§ **How to complete this task**:
Go through the records and copy each line where the word "GroupEntry" occurs.

§ **Available data**:
═══
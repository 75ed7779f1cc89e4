//! Makes the jobs that entries declare.
ghost use Rattle.std.specs.Prelude.{◌≡◌, ◌<◌, ◌≤◌, ◌^◌, ◌++◌, map, length, unsigned_abs, IfOk};
ghost use Rattle.std.specs.Prelude.{OnOk, IfSome, Some, option_map, position, bytes_eq};
ghost use Rattle.std.specs.List.{find};
ghost use Rattle.cs_plan.specs.declared.limits.TheConstants.{MAX_GROUPS};
ghost use Rattle.cs_plan.specs.Job.{IsPossible};
ghost use Rattle.cs_decl.specs.Meaning.{IsValid};
ghost use Rattle.cs_decl.specs.Join.{is_named, is_of_job, group_place, default_terms, cron_terms};
ghost use Rattle.cs_decl.specs.Join.{anacron_terms, cron_job, anacron_job, jobs_from};
ghost use Rattle.cs_decl.specs.Join.{declared_group};

use crate::entries::{AnacronEntry, CronEntry, DefaultEntry, Entries, GroupEntry};
use crate::naming::is_named;
use cs_anacrontab::Job as JobLine;
use cs_civil::{Bytes, Sequence};
use cs_crontab::Line;
use cs_history::Mode;
use cs_plan::{Group, Job};
use std::alloc::{AllocError, Global};

pub(crate) fn small(number: i128) -> u16
    requires { unsigned_abs number < 2 ^ 16 }
    ensures { result ≡ unsigned_abs number }
{
    number.unsigned_abs() as u16
}

pub(crate) fn smaller(number: i128) -> u8
    requires { unsigned_abs number < 2 ^ 8 }
    ensures { result ≡ unsigned_abs number }
{
    number.unsigned_abs() as u8
}

fn group_place(entries: &Entries, name: &Option<Bytes>) -> Option<u8>
    requires { length entries.now.groups ≤ MAX_GROUPS }
    ensures { result ≡ group_place entries.now.groups name.now }
{
    let Some(name) = name else {
        return None;
    };
    match place_of(entries, name) {
        Some(place) => Some(place as u8),
        None => None,
    }
}

fn place_of(entries: &Entries, name: &Bytes) -> Option<usize>
    ensures value { result ≡ position (λ g. bytes_eq name.now g.name) entries.now.groups }
    ensures within { IfSome result (λ i. i < length entries.now.groups) }
{
    entries
        .groups
        .as_slice()
        .iter()
        .position(|group| name.as_slice() == group.name.as_slice())
}

fn cron_entry<'e>(entries: &'e Entries, line: &Line) -> Option<&'e CronEntry>
    ensures { option_map (λ e. e.now) result
        ≡ find (λ e. is_named e.name line.now) entries.now.cron }
{
    entries
        .cron
        .as_slice()
        .iter()
        .find(|entry| is_named(&entry.name, line))
}

fn anacron_entry<'a>(entries: &'a Entries, identifier: &[u8]) -> Option<&'a AnacronEntry>
    ensures { option_map (λ e. e.now) result ≡ find (is_of_job identifier.now) entries.now.anacron }
{
    entries
        .anacron
        .as_slice()
        .iter()
        .find(|entry| entry.identifier.as_slice() == identifier)
}

fn default_job(place: usize, entry: &DefaultEntry) -> Job
    requires { IsPossible (default_terms place (Some entry.now)) }
    ensures { result ≡ default_terms place (Some entry.now) }
{
    Job::new(
        place,
        small(entry.max),
        smaller(entry.weight),
        None,
        Mode::Plain,
    )
}

fn default_terms(place: usize, entries: &Entries) -> Job
    requires { IsPossible (default_terms place entries.now.default) }
    ensures { result ≡ default_terms place entries.now.default }
{
    match &entries.default {
        Some(entry) => default_job(place, entry),
        None => Job::new(place, 1, 1, None, Mode::Plain),
    }
}

fn cron_terms(place: usize, entry: &CronEntry, entries: &Entries) -> Job
    requires few { length entries.now.groups ≤ MAX_GROUPS }
    requires possible { IsPossible (cron_terms entries.now place (Some entry.now)) }
    ensures { result ≡ cron_terms entries.now place (Some entry.now) }
{
    Job::new(
        place,
        small(entry.max),
        smaller(entry.weight),
        group_place(entries, &entry.group),
        entry.mode,
    )
}

fn anacron_terms(place: usize, entry: &AnacronEntry, entries: &Entries) -> Job
    requires few { length entries.now.groups ≤ MAX_GROUPS }
    requires possible { IsPossible (anacron_terms entries.now place (Some entry.now)) }
    ensures { result ≡ anacron_terms entries.now place (Some entry.now) }
{
    Job::new(
        place,
        small(entry.max),
        smaller(entry.weight),
        group_place(entries, &entry.group),
        Mode::Plain,
    )
}

#[tactic(auto, using(crate::proofs::Validity::few_groups, crate::proofs::Validity::default_possible))]
fn cron_job(place: usize, line: &Line, entries: &Entries) -> Job
    requires { IsValid entries.now }
    ensures { result ≡ cron_job entries.now place line.now }
{
    match cron_entry(entries, line) {
        Some(entry) => cron_terms(place, entry, entries),
        None => default_terms(place, entries),
    }
}

#[tactic(auto, using(crate::proofs::Validity::few_groups, crate::proofs::Validity::default_possible))]
fn anacron_job(place: usize, line: &JobLine, entries: &Entries) -> Job
    requires { IsValid entries.now }
    ensures { result ≡ anacron_job entries.now place line.now }
{
    match anacron_entry(entries, line.identifier()) {
        Some(entry) => anacron_terms(place, entry, entries),
        None => default_terms(place, entries),
    }
}

fn push_cron_jobs(
    jobs: &mut Sequence<Job>,
    lines: &[Line],
    entries: &Entries,
) -> Result<(), AllocError>
    requires { IsValid entries.now }
    ensures { OnOk result (jobs.new ≡ jobs.old ++ jobs_from (cron_job entries.now) 0 lines.now) }
{
    for (place, line) in lines.iter().enumerate() {
        jobs.push(cron_job(place, line, entries))?;
    }
    Ok(())
}

fn push_anacron_jobs(
    jobs: &mut Sequence<Job>,
    lines: &[JobLine],
    entries: &Entries,
) -> Result<(), AllocError>
    requires { IsValid entries.now }
    ensures { OnOk result (jobs.new ≡ jobs.old ++ jobs_from (anacron_job entries.now) 0 lines.now) }
{
    for (place, line) in lines.iter().enumerate() {
        jobs.push(anacron_job(place, line, entries))?;
    }
    Ok(())
}

pub(crate) fn jobs_of(
    alloc: Global,
    commands: &[Line],
    lines: &[JobLine],
    entries: &Entries,
) -> Result<Sequence<Job>, AllocError>
    requires { IsValid entries.now }
    ensures { IfOk result
        (λ jobs. jobs
        ≡ jobs_from (cron_job entries.now) 0 commands.now
        ++ jobs_from (anacron_job entries.now) 0 lines.now) }
{
    let mut jobs = Sequence::new(alloc);
    push_cron_jobs(&mut jobs, commands, entries)?;
    push_anacron_jobs(&mut jobs, lines, entries)?;
    Ok(jobs)
}

pub(crate) fn groups_of(
    alloc: Global,
    entries: &[GroupEntry],
) -> Result<Sequence<Group>, AllocError>
    ensures { IfOk result (λ groups. groups ≡ map declared_group entries.now) }
{
    let mut groups = Sequence::new(alloc);
    for entry in entries {
        let name = Bytes::from_slice(alloc, entry.name.as_slice())?;
        groups.push(Group::new(name, entry.exclusive))?;
    }
    Ok(groups)
}
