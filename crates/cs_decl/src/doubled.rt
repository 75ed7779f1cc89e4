//! Finds a member that stands twice in one object of a JSON text.
ghost use Rattle.std.specs.Prelude.{◌≡◌, IfOk, option_map};
ghost use Rattle.json.specs.Strict.{keys};
ghost use Rattle.json.specs.Value.{value_view, items_view, members_view};
ghost use Rattle.cs_decl.specs.Doubled.{doubled, doubled_in_items, doubled_in_members};
ghost use Rattle.cs_decl.specs.Doubled.{doubled_member, first_repeated};

use crate::twice::first_twice;
use cs_civil::Bytes;
use json::{Error, Scratch, Value};
use std::alloc::{AllocError, Global};

fn repeated<'a>(
    alloc: Global,
    members: &Vec<(&'a str, Value<'a>)>,
) -> Result<Option<&'a str>, AllocError>
    ensures { IfOk result (λ found. option_map (λ name. name.now) found
        ≡ first_repeated (keys (members_view members.now.items))) }
{
    let members = members.as_slice();
    match first_twice(alloc, members)? {
        Some(i) => Ok(Some(members[i].0)),
        None => Ok(None),
    }
}

#[cycle(doubled)]
fn in_value<'a>(alloc: Global, value: &Value<'a>) -> Result<Option<&'a str>, AllocError>
    ensures { IfOk result
        (λ found. option_map (λ name. name.now) found ≡ doubled (value_view value.now)) }
{
    match value {
        Value::Array(items) => in_items(alloc, items),
        Value::Object(members) => match repeated(alloc, members)? {
            Some(name) => Ok(Some(name)),
            None => in_members(alloc, members),
        },
        _ => Ok(None),
    }
}

#[cycle(doubled)]
fn in_items<'a>(alloc: Global, items: &Vec<Value<'a>>) -> Result<Option<&'a str>, AllocError>
    ensures { IfOk result (λ found. option_map (λ name. name.now) found
        ≡ doubled_in_items (items_view items.now.items)) }
{
    for item in items {
        if let Some(name) = in_value(alloc, item)? {
            return Ok(Some(name));
        }
    }
    Ok(None)
}

#[cycle(doubled)]
fn in_members<'a>(
    alloc: Global,
    members: &Vec<(&'a str, Value<'a>)>,
) -> Result<Option<&'a str>, AllocError>
    ensures { IfOk result (λ found. option_map (λ name. name.now) found
        ≡ doubled_in_members (members_view members.now.items)) }
{
    for member in members {
        if let Some(name) = in_value(alloc, &member.1)? {
            return Ok(Some(name));
        }
    }
    Ok(None)
}

/// An object's own members come before those of its values. `None` in a text that isn't JSON.
#[tactic(auto, unfolding(crate::specs::Doubled::doubled_member))]
pub(crate) fn doubled_member(alloc: Global, text: &[u8]) -> Result<Option<Bytes>, AllocError>
    ensures { IfOk result (λ found. found ≡ doubled_member text.now) }
{
    let mut scratch = Scratch::new(alloc);
    let value = match Value::from_slice(alloc, text, &mut scratch) {
        Ok(value) => value,
        Err(Error::OutOfMemory) => return Err(AllocError),
        Err(Error::Invalid) => return Ok(None),
        Err(Error::TooLong | Error::DuplicateKey) => return Ok(None),
    };
    match in_value(alloc, &value)? {
        Some(name) => Ok(Some(Bytes::from_slice(alloc, name.as_bytes())?)),
        None => Ok(None),
    }
}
═══
§ **Exercise solution**:
use crate::entries::{AnacronEntry, CronEntry, DefaultEntry, Entries, GroupEntry};
    entries: &[GroupEntry],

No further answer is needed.